[Stored entries]

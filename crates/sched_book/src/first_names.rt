//! The first of each name.

ghost use Rattle.std.specs.Prelude.{◌≡◌, ℕ, List, [], ◌∷◌, ◌++◌, map, IfOk, OnOk};
ghost use Rattle.texts.specs.SeenSet.{has_text};
ghost use Rattle.sched_book.specs.Reports.{first_of_each};
ghost use Rattle.sched_book.specs.Firsts.{first_unseen};

use rpc_records::Report;
use std::alloc::Global;
use texts::{Memory, SeenSet, Text};

/// An item with a name.
pub trait Named {
    /// Its name.
    ghost name_of: { Self → List ℕ };

    /// Its name.
    fn name(&self) -> &str
        ensures { result.now ≡ name_of self.now };
}

impl Named for Report {
    ghost name_of = { λ report. report.name };

    fn name(&self) -> &str {
        self.name.as_str()
    }
}

impl Named for Text {
    ghost name_of = { λ text. text };

    fn name(&self) -> &str {
        self.as_str()
    }
}

/// Adds an item to the first ones, unless its name was seen before; `seen` has the names that were seen.
fn add_first<'a, T: Named>(
    firsts: &mut Vec<&'a T>,
    seen: &mut SeenSet<&'a str>,
    item: &'a T,
) -> Result<(), Memory>
    ensures { OnOk result ((later : List T) →
        map (λ x. x.now) firsts.new.items ++ first_unseen T.name_of (has_text seen.new) later
        ≡ map (λ x. x.now) firsts.old.items ++ first_unseen T.name_of (has_text seen.old) (item.now ∷ later)) }
{
    if seen.is_first(item.name())? {
        firsts.push(item)?;
    }
    Ok(())
}

/// The first item of each name, in the order of the items.
pub fn first_of_each<'a, T: Named>(alloc: Global, items: &'a [T]) -> Result<Vec<&'a T>, Memory>
    ensures { IfOk result (λ firsts. map (λ x. x.now) firsts.items ≡ first_of_each T.name_of [] items.now) }
{
    let mut seen = SeenSet::new(alloc);
    let mut firsts = Vec::new(alloc);
    for item in items {
        add_first(&mut firsts, &mut seen, item)?;
    }
    Ok(firsts)
}
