//! The moments at which messages arrive.

ghost use Rattle.std.specs.Prelude.{◌≡◌, ◌≤◌, ◌/◌, ℕ};
ghost use Rattle.std.specs.Option.{SomeIff};

use std::marker::Model;

/// The last moment of an arrival. Every deadline is then before the year 10000.
pub const LAST_MOMENT: u64 = 250_000_000_000;

/// The seconds of a day.
pub const DAY: u64 = 86_400;

/// The moment at which a message arrived, in whole seconds since 1970-01-01T00:00:00Z, up to [`LAST_MOMENT`].
#[derive(Clone, Copy, PartialEq, Eq)]
pub struct Moment {
    seconds: u64,
}

impl Model for Moment {
    ghost Value = { ℕ };

    ghost view = { λ m. m.seconds };

    ghost invariant = { λ m. m.seconds ≤ 250000000000 };

    ghost inverse = { λ n. record { seconds = n } };
}

impl Moment {
    /// The moment so many seconds after the beginning of 1970; none if it is past [`LAST_MOMENT`].
    pub fn new(seconds: u64) -> Option<Moment>
        ensures { SomeIff result (seconds ≤ LAST_MOMENT) seconds }
    {
        if seconds <= LAST_MOMENT {
            Some(Moment { seconds })
        } else {
            None
        }
    }

    /// Its seconds since the beginning of 1970.
    pub fn seconds(self) -> u64
        ensures value { result ≡ self }
        ensures range { result ≤ LAST_MOMENT }
    {
        self.seconds
    }

    /// The day of this moment; the first day of 1970 is day 0.
    pub fn day(self) -> u64
        ensures { result ≡ self / DAY }
    {
        self.seconds / DAY
    }
}
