//! The version that a host runs.

ghost use Rattle.std.specs.Prelude.{◌≡◌, filter, IfOk};
ghost use Rattle.std.specs.Option.{option_copied};
ghost use Rattle.sched_book.specs.Fits.{is_version_for, newest_version, version_among};

use crate::rows::Version;
use texts::{Memory, Text};

fn is_for_platform(version: &Version, app: &str, platform: &str) -> bool
    ensures { result ≡ is_version_for app.now platform.now version.now }
{
    version.app.is(app) && version.platform.is(platform)
}

/// The newest version of the application for a platform; of those with the greatest number the first.
fn newest_for<'a>(versions: &'a [Version], app: &str, platform: &str) -> Option<&'a Version>
    ensures { option_copied result ≡ newest_version (filter (is_version_for app.now platform.now) versions.now) }
{
    let mut best: Option<&Version> = None;
    for version in versions {
        if is_for_platform(version, app, platform) {
            best = match best {
                Some(other) if other.version_num >= version.version_num => Some(other),
                _ => Some(version),
            };
        }
    }
    best
}

/// The newest version of the application for the first of the platforms that has any.
pub(crate) fn version_of_app(
    versions: &[Version],
    app: &str,
    platforms: &[Text],
) -> Result<Option<Version>, Memory>
    ensures { IfOk result (λ version. version ≡ version_among versions.now app.now platforms.now) }
{
    for platform in platforms {
        if let Some(version) = newest_for(versions, app, platform.as_str()) {
            return Ok(Some(version.clone()?));
        }
    }
    Ok(None)
}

- [EXERCISE OBJECTIVE]: Every piece of the data is to be set down again exactly.

- [OUTPUT BELOW]:
filename crates/sched_book/src/first_names.rt
//! The first of each name.

ghost use Rattle.std.specs.Prelude.{◌≡◌, ℕ, List, [], ◌∷◌, ◌++◌, map, IfOk, OnOk};
ghost use Rattle.texts.specs.SeenSet.{has_text};
ghost use Rattle.sched_book.specs.Reports.{first_of_each};
ghost use Rattle.sched_book.specs.Firsts.{first_unseen};

use rpc_records::Report;
use std::alloc::Global;
use texts::{Memory, SeenSet, Text};

/// An item with a name.
pub trait Named {
    /// Its name.
    ghost name_of: { Self → List ℕ };

    /// Its name.
    fn name(&self) -> &str
        ensures { result.now ≡ name_of self.now };
}

impl Named for Report {
    ghost name_of = { λ report. report.name };

    fn name(&self) -> &str {
        self.name.as_str()
    }
}

impl Named for Text {
    ghost name_of = { λ text. text };

    fn name(&self) -> &str {
        self.as_str()
    }
}

/// Adds an item to the first ones, unless its name was seen before; `seen` has the names that were seen.
fn add_first<'a, T: Named>(
    firsts: &mut Vec<&'a T>,
    seen: &mut SeenSet<&'a str>,
    item: &'a T,
) -> Result<(), Memory>
    ensures { OnOk result ((later : List T) →
        map (λ x. x.now) firsts.new.items ++ first_unseen T.name_of (has_text seen.new) later
        ≡ map (λ x. x.now) firsts.old.items ++ first_unseen T.name_of (has_text seen.old) (item.now ∷ later)) }
{
    if seen.is_first(item.name())? {
        firsts.push(item)?;
    }
    Ok(())
}

/// The first item of each name, in the order of the items.
pub fn first_of_each<'a, T: Named>(alloc: Global, items: &'a [T]) -> Result<Vec<&'a T>, Memory>
    ensures { IfOk result (λ firsts. map (λ x. x.now) firsts.items ≡ first_of_each T.name_of [] items.now) }
{
    let mut seen = SeenSet::new(alloc);
    let mut firsts = Vec::new(alloc);
    for item in items {
        add_first(&mut firsts, &mut seen, item)?;
    }
    Ok(firsts)
}
//! The moments at which messages arrive.

ghost use Rattle.std.specs.Prelude.{◌≡◌, ◌≤◌, ◌/◌, ℕ};
ghost use Rattle.std.specs.Option.{SomeIff};

use std::marker::Model;

/// The last moment of an arrival. Every deadline is then before the year 10000.
pub const LAST_MOMENT: u64 = 250_000_000_000;

/// The seconds of a day.
pub const DAY: u64 = 86_400;

/// The moment at which a message arrived, in whole seconds since 1970-01-01T00:00:00Z, up to [`LAST_MOMENT`].
#[derive(Clone, Copy, PartialEq, Eq)]
pub struct Moment {
    seconds: u64,
}

impl Model for Moment {
    ghost Value = { ℕ };

    ghost view = { λ m. m.seconds };

    ghost invariant = { λ m. m.seconds ≤ 250000000000 };

    ghost inverse = { λ n. record { seconds = n } };
}

impl Moment {
    /// The moment so many seconds after the beginning of 1970; none if it is past [`LAST_MOMENT`].
    pub fn new(seconds: u64) -> Option<Moment>
        ensures { SomeIff result (seconds ≤ LAST_MOMENT) seconds }
    {
        if seconds <= LAST_MOMENT {
            Some(Moment { seconds })
        } else {
            None
        }
    }

    /// Its seconds since the beginning of 1970.
    pub fn seconds(self) -> u64
        ensures value { result ≡ self }
        ensures range { result ≤ LAST_MOMENT }
    {
        self.seconds
    }

    /// The day of this moment; the first day of 1970 is day 0.
    pub fn day(self) -> u64
        ensures { result ≡ self / DAY }
    {
        self.seconds / DAY
    }
}
//! The version that a host runs.

ghost use Rattle.std.specs.Prelude.{◌≡◌, filter, IfOk};
ghost use Rattle.std.specs.Option.{option_copied};
ghost use Rattle.sched_book.specs.Fits.{is_version_for, newest_version, version_among};

use crate::rows::Version;
use texts::{Memory, Text};

fn is_for_platform(version: &Version, app: &str, platform: &str) -> bool
    ensures { result ≡ is_version_for app.now platform.now version.now }
{
    version.app.is(app) && version.platform.is(platform)
}

/// The newest version of the application for a platform; of those with the greatest number the first.
fn newest_for<'a>(versions: &'a [Version], app: &str, platform: &str) -> Option<&'a Version>
    ensures { option_copied result ≡ newest_version (filter (is_version_for app.now platform.now) versions.now) }
{
    let mut best: Option<&Version> = None;
    for version in versions {
        if is_for_platform(version, app, platform) {
            best = match best {
                Some(other) if other.version_num >= version.version_num => Some(other),
                _ => Some(version),
            };
        }
    }
    best
}

/// The newest version of the application for the first of the platforms that has any.
pub(crate) fn version_of_app(
    versions: &[Version],
    app: &str,
    platforms: &[Text],
) -> Result<Option<Version>, Memory>
    ensures { IfOk result (λ version. version ≡ version_among versions.now app.now platforms.now) }
{
    for platform in platforms {
        if let Some(version) = newest_for(versions, app, platform.as_str()) {
            return Ok(Some(version.clone()?));
        }
    }
    Ok(None)
}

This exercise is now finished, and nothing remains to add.